The Reserve Bank of India, which held the sale, rejected bids worth 293 billion rupees ($4.9 billion) received for a combined 120 billion rupees of 91- and 182-day notes offered, it said in an e-mailed statement. The overnight interbank borrowing rate in Mumbai surged 170 basis points to 8 percent today after the RBI increased on July 15 two of its interest rates by 2 percentage points each, while keeping the benchmark repurchase rate unchanged, to arrest a slide in the rupee.
The failure of the bill sale follows an offering of bonds yesterday by state governments, where the borrowers met only 26 percent of an 86 billion rupee target. With this week’s rate increases, RBI Governor Duvvuri Subbarao joins policy makers from Brazil to China in reining in money-market liquidity to stem currency losses and ensure stability in the financial system. The rupee has lost 8.7 percent since March 31 in Asia’s worst performance.

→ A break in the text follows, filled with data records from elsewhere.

//! Transmissions and replies of the Telecommunication Standard D.0, as values.
//!
//! A `Transmission` is what a pharmacy asks: one to four billings, or one to four reversals, or a header that could not
//! be accepted. A `Reply` is what the payer answers to each. Their types keep the limits of the standard's fields, so
//! that whoever holds one need not test it again.
//!
//! ```rust
//! let Body::Heard(heard) = &transmission.body else { .. };
//! for transaction in heard.list.iter() { .. }
//! ```
//!
//! `==` says without memory whether two of them are the same value; a `Transmission` is copied by `copy`, and a list by `copies`, which
//! may run out of memory. How they are read from bytes and written is left to `rx_d0_request` and `rx_d0_reply`.
#![tactic(auto)]

mod bill;
mod codes;
mod copying;
mod echo;
mod pricing;
mod reply;
mod transaction;
mod transmission;

pub use bill::{Bill, BillParts};
pub use codes::Codes;
pub use copying::{TryCopy, copies};
pub use echo::{Echo, EchoParts};
pub use pricing::{Amounts, Pricing};
pub use reply::{Answer, Answers, Approved, Outcome, Paid, Refused, Reply};
pub use transaction::{Faulty, Reversal, Transaction, Transactions};
pub use transmission::{Body, Heard, Rejected, Transmission};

“Short-term rates are at an elevated level, so bids may have been at higher yields than what the government was comfortable with,” said N.S. Venkatesh, the Mumbai-based head of treasury at IDBI Bank Ltd. “The market moves have been a knee-jerk reaction to the RBI’s steps, and I think within a week or so things should settle down, when the market would have a clearer perspective of how liquidity will be.”
India last sold 91-day bills at 7.48 percent on July 10 and 182-day notes at 7.60 percent on July 3.
The yield on India’s 10-year benchmark bond has jumped 50 basis points in the past two days to 8.07 percent, more than erasing declines since the start of the year. The rate, now up two basis basis points in 2013, will drop to about 7.90 percent in 10 days, and investors should buy now to gain from that, Venkatesh predicted, adding that the U.S. may not start paring stimulus before October.
The RBI increased the marginal standing facility rate and the bank rate to 10.25 percent from 8.25 percent, according to the July 15 statement. It also plans to sell 120 billion rupees of government debt at an open-market auction tomorrow to drain cash. In addition, the bank said it will cap its daily fund injections via repurchase contracts, meant to help lenders meet shortages, to about 750 billion rupees, compared with an average of 880 billion rupees availed by banks this year.
“The measures shocked the rates market,” analysts at Standard Chartered Plc including Mumbai-based Samiran Chakraborty wrote in a research note yesterday. “The liquidity deficit will likely persist, implying elevated overnight rates and funding costs for government bond investors.”